What It Handles Well (and What It Doesn't)
The agent is good at code-level transformations: updating TargetFramework in .csproj files, upgrading NuGet packages, replacing deprecated APIs with their modern equivalents, fixing breaking changes like removed BinaryFormatter methods, running builds, and validating test suites. It can handle repetitive work across multiple projects in a solution without you needing to track every dependency manually.
It's also solid at applying predefined Azure migration patterns, swapping plaintext credentials for managed identity, replacing file I/O with Azure Blob Storage calls, moving authentication from on-prem Active Directory to Microsoft Entra ID. These are structured transformations with clear before-and-after code patterns.
But here's where you may need to pay closer attention:
Language and framework coverage: It works with C# projects mainly. If your codebase includes complex Entity Framework migrations that rely on hand-tuned database scripts, the agent won't rewrite those for you. It also won't handle third-party UI framework patterns that don't map cleanly to ASP.NET Core conventions that have breaking changes between .NET Framework and later .NET versions. Web Forms migration is underway.
Configuration and infrastructure: The agent doesn't migrate IIS-specific web.config settings that don't have direct equivalents in Kestrel or ASP.NET Core. It won't automatically set up a CI/CD pipeline or any modernization features; for that, you need to implement it with Copilot’s help. If you've got frontend frameworks bundled with ASP.NET (like an older Angular app served through MVC), you'll need to separate and upgrade that layer yourself.
Learning and memory: The agent uses your code as context during the session, and if you correct a fix or update the plan, it tries to apply that learning within the same session. But those corrections don't persist across future upgrades. You can encode internal standards using custom skills, but that requires deliberate setup.
Offline and deployment: There's no offline mode. The agent needs connectivity to run. And while it can help prepare your app for Azure deployment, it doesn't manage the actual infrastructure provisioning or ongoing operations, that's still on you.

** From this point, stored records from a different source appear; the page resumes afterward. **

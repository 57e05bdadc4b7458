//! Pictures of schedules as SVG: a row for each thread, a column for each line that takes steps.
#![tactic(auto)]

mod arrows;
mod legend;
mod looks;
mod panels;
pub mod picture;
mod rows;
mod shapes;
mod style;
pub mod texts;

pub use picture::{Drawing, draw};
pub use texts::put_text;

Guarantees: The suggestions aren't guaranteed to follow best practices. The agent won't always pick the best migration path. It won't catch every edge case. You're reviewing the work; pay attention to the results before putting it into production.
What it does handle: the tedious parts. Reading dependency graphs. Finding all the places a deprecated API is used. Updating project files. Writing boilerplate for managed identity. Fixing compilation errors that follow a predictable pattern.
Where to Start
If you've been staring at a modernization backlog, pick one project. See what it comes up with! You don't have to commit to upgrading your entire portfolio. Try it on one project and see if it saves you time. Modernization at scale still happens application by application, repo by repo, and decision by decision. GitHub Copilot modernization just makes each one a little less painful. Experiment with it!